Compassion Fatigue—a Barren Desert

Some nurses feel that compassion fatigue can feel like being lost alone in a barren desert. Fighting for your survival drains your depleted energy and scarce resources. You need help and hope as you find your way through the desert.

Compassion fatigue, also known as secondary post-traumatic stress disorder, is emotional, physical and spiritual exhaustion from witnessing and absorbing the problems and suffering of others. Compassion fatigue most communication in nursingoften affects caring, self-sacrificing individuals prone to neglecting their self-care.

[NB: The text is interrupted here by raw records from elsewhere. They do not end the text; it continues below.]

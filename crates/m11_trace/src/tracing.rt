//! A whole traced run: a tape is loaded and started, and its steps and its end are reported.

ghost use Rattle.std.specs.Prelude.{◌≡◌, ◌≤◌, [], length};
ghost use Rattle.m11_cpu.specs.Messages.{PutsMessages};
ghost use Rattle.m11_cpu.specs.Simulation.{request_of, run_devices, started};
ghost use Rattle.m11_cpu_machine.specs.Dialogue.{both, input_of, output_of};
ghost use Rattle.m11_cpu_machine.specs.Memory.{least_words, most_words};
ghost use Rattle.m11_trace.specs.Known.{known_of};
ghost use Rattle.m11_trace.specs.Stepping.{StepsWithLines, TracesSteps, stop_text};
ghost use Rattle.m11_trace.specs.Taken.{begun};
ghost use Rattle.m11_trace.specs.Tracing.{Traces};

use crate::changes::MOST_WORDS;
use crate::ending::Ending;
use crate::known::Known;
use crate::messages::put_ending;
use crate::ranges::{Range, put_ranges};
use crate::recent::{Recent, put_recent};
use crate::steps::{Steps, steps_with_lines};
use crate::stops::{CountedAddress, Stops};
use crate::watches::Watch;
use circular_buffer::HeapCircularBuffer;
use m11_base::{Feed, Sink};
use m11_cpu::{Machine, SimFault, Stop};
use std::alloc::Global;

/// A run whose steps were made, with its trace lines written.
#[derive(Drop)]
pub(crate) struct Traced {
    /// The machine after the steps.
    pub machine: Machine,
    /// How many steps were begun, and why they ended.
    pub steps: Steps,
}

/// Loads a tape into a new machine of `words` words of memory, 4,096 to 28,672, and makes at most `limit` steps from `start`, or from the
/// tape's transfer address if `start` is None. An odd address makes no step and ends the run with `NoStart`. The machine, the console's
/// input and output and the stop are the same as those of `m11_cpu::sim_run` with the same number of words. The run also stops before a
/// step, if a step is left to make and the program counter has reached the address of a breakpoint as often as its count says, and after
/// a step that changes a watched word, if steps have changed it as often as its count says. The machine and the console are then as after
/// `m11_cpu::sim_run` with the number of steps made as its limit.
///
/// The trace line of each step whose number is `first` or more is written to `messages` as soon as the step is made. It also shows the
/// step's address as an offset from the nearest of the `known` names at or below it, if there is one, and the text of the line that shows
/// its instruction, if exactly one line of the `known` listings does. If the run has fewer than `first` steps, the trace lines of the last
/// `last` steps follow at the end, without memory words. Then come the two lines of the ending and the words of `ranges`.
///
/// Errors: `NoMemory`, if memory was refused, before anything was read; `Load`, if the tape couldn't be loaded, so that nothing was run;
/// `Write`, if `messages` failed after part of the report was written; no step is made after that. Memory is allocated only for the
/// machine, for a copy of its memory of 28,672 words, for copies of the breakpoints and of the watched words, and for the last steps.
pub fn trace_run<T: Feed, I: Feed, O: Sink, M: Sink>(
    alloc: Global,
    tape: &mut T,
    start: Option<u16>,
    words: u16,
    limit: u32,
    known: Known<'_>,
    first: u32,
    last: u16,
    stops: &Stops,
    ranges: &[Range],
    input: &mut I,
    output: &mut O,
    messages: &mut M,
) -> Result<Ending, SimFault>
    requires least { least_words ≤ words }
    requires most { words ≤ most_words }
    ensures { Traces (request_of start words limit) (known_of known.entry) first last stops.now ranges.now
        (run_devices (input_of (T.text tape.old) (T.faults tape.old))
        (both (I.text input.old) (I.faults input.old) (O.text output.old) (O.faults output.old))
        (output_of (M.text messages.old) (M.faults messages.old)))
        (run_devices (input_of (T.text tape.new) (T.faults tape.new))
        (both (I.text input.new) (I.faults input.new) (O.text output.new) (O.faults output.new))
        (output_of (M.text messages.new) (M.faults messages.new)))
        result }
{
    let traced = trace_steps(
        alloc, tape, start, words, limit, known, first, last, stops, input, output, messages,
    )?;
    put_stop(messages, stops, &traced.steps, ranges, &traced.machine)?;
    Ok(traced.steps.ending)
}

/// Loads a tape, makes the steps and writes their trace lines, or those of the last steps. Errors as for `trace_run`.
pub(crate) fn trace_steps<T: Feed, I: Feed, O: Sink, M: Sink>(
    alloc: Global,
    tape: &mut T,
    start: Option<u16>,
    words: u16,
    limit: u32,
    known: Known<'_>,
    first: u32,
    last: u16,
    stops: &Stops,
    input: &mut I,
    output: &mut O,
    messages: &mut M,
) -> Result<Traced, SimFault>
    requires least { least_words ≤ words }
    requires most { words ≤ most_words }
    ensures { TracesSteps (request_of start words limit) (known_of known.entry) first last stops.now
        (run_devices (input_of (T.text tape.old) (T.faults tape.old))
        (both (I.text input.old) (I.faults input.old) (O.text output.old) (O.faults output.old))
        (output_of (M.text messages.old) (M.faults messages.old)))
        (run_devices (input_of (T.text tape.new) (T.faults tape.new))
        (both (I.text input.new) (I.faults input.new) (O.text output.new) (O.faults output.new))
        (output_of (M.text messages.new) (M.faults messages.new)))
        result }
{
    let mut machine = Machine::new(alloc, words)?;
    let mut before = vec![in alloc; 0; MOST_WORDS]?;
    let mut waiting = stops.breakpoints.as_slice().to_vec(alloc)?;
    let mut watches = vec![in alloc; Watch::default(); stops.watched.len()]?;
    let mut recent = HeapCircularBuffer::with_capacity(alloc, usize::from(last))?;
    let transfer = machine.load(tape)?;
    let steps = started(
        &mut machine,
        start.unwrap_or(transfer.address),
        limit,
        known,
        first,
        stops,
        &mut waiting,
        &mut watches,
        &mut before,
        &mut recent,
        input,
        output,
        messages,
    )?;
    put_recent(messages, known, first, steps.count, &recent)?;
    Ok(Traced { machine, steps })
}

// Makes steps from an even address. From an odd address no step is made, and the ending is `NoStart`.
fn started<I: Feed, O: Sink, M: Sink>(
    machine: &mut Machine,
    address: u16,
    limit: u32,
    known: Known<'_>,
    first: u32,
    stops: &Stops,
    waiting: &mut [CountedAddress],
    watches: &mut [Watch],
    before: &mut [u16],
    recent: &mut Recent,
    input: &mut I,
    output: &mut O,
    messages: &mut M,
) -> Result<Steps, SimFault>
    requires waiting { waiting.old ≡ stops.now.breakpoints.items }
    requires room { length watches.old ≡ length stops.now.watched.items }
    requires size { length before.old ≡ most_words }
    requires none { recent.old.items ≡ [] }
    ensures { StepsWithLines (λ most. started address most machine.old) limit (known_of known.entry) first recent.old.capacity stops.now
        (begun address machine.old) machine.new
        (both (I.text input.old) (I.faults input.old) (O.text output.old) (O.faults output.old))
        (both (I.text input.new) (I.faults input.new) (O.text output.new) (O.faults output.new))
        (output_of (M.text messages.old) (M.faults messages.old)) (output_of (M.text messages.new) (M.faults messages.new))
        recent.new.items result }
{
    if address % 2 == 1 {
        return Ok(Steps {
            ending: Ending::Stopped(Stop::NoStart),
            count: 0,
        });
    }
    machine.start_at(address);
    steps_with_lines(
        machine, limit, known, first, stops, waiting, watches, before, recent, input, output,
        messages,
    )
}

/// Writes the two lines of the ending and the memory ranges. Error: `Write`, if the sink failed after part of them.
pub(crate) fn put_stop<M: Sink>(
    messages: &mut M,
    stops: &Stops,
    steps: &Steps,
    ranges: &[Range],
    machine: &Machine,
) -> Result<(), SimFault>
    ensures { PutsMessages (M.text messages.old) (M.text messages.new) (M.faults messages.old) (M.faults messages.new)
        (stop_text stops.now steps.now ranges.now machine.now) result }
{
    put_ending(messages, stops, steps.ending, steps.count, machine)?;
    put_ranges(messages, machine.memory(), ranges)
}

The symptoms of compassion fatigue include despair, hopelessness, numbing, apathy, cynicism, anxiety, depression, hypervigilence, sleep disturbances, accident proneness, somatic complaints, decreased work performance and exhaustion.

Recovery from compassion fatigue is complex and individualized. If you suspect you may be suffering from compassion fatigue, please tell those closest to you and consult your health care practitioner or a mental health professional.   

Monique is having trouble getting out of bed in the morning — she feels severely fatigued and depressed. Monique desperately tries to hide her symptoms at work. She doesn’t know how she will “make it through another day.” Monique has been a nurse for more than twenty years. In that time, she has consistently put the needs of others before her own needs. Caring for her terminally ill mother naturally fell on her shoulders, as “the nurse in the family.” Lately, Monique’s symptoms have become unmanageable and undeniable.

Monique’s recovery began by overcoming her denial. After seeking the support of a mental health counselor, she requested a family medical leave from her work. Her counselor is helping her to establish a self-care routine, set healthy boundaries, and to mobilize her resources. Monique asked her siblings to help care for her mother; together they have arranged for hospice care.  Monique knows that her recovery will be a slow process — she no longer feels alone. 

Whatever your status — transient stress, burnout, or compassion fatigue — there are countless strategies and resources available to you. We become stronger when we help our selves and each other. Stress management in nursing is important to keep you on the wheel.

Do you suffer from compassion fatigue?  Have you overcome compassion fatigue?  Leave a comment below sharing your experiences.



2 COMMENTS

Anonymous 2 weeks ago
MY patients say I'm a great nurse, but some days I have no desire to live. I wish I were dead so I didn't have to face sick people all the time. I never get more than a 25 min break in 12 hours. That is one rushed meal per day I do not enjoy serving 3 meals to patients when I have had only 3oz of coffee all day. I fear my kidney are damaged, My back aches. and I wonder why so many get health care, for free. when I can't afford it. Hate being Nurse really.

Anonymous 2 years ago
You cannot implement such strategy " Captain Rick Murphy and Co host Jennifer Reeves will be at the event and fishing with dolphins players on May 19."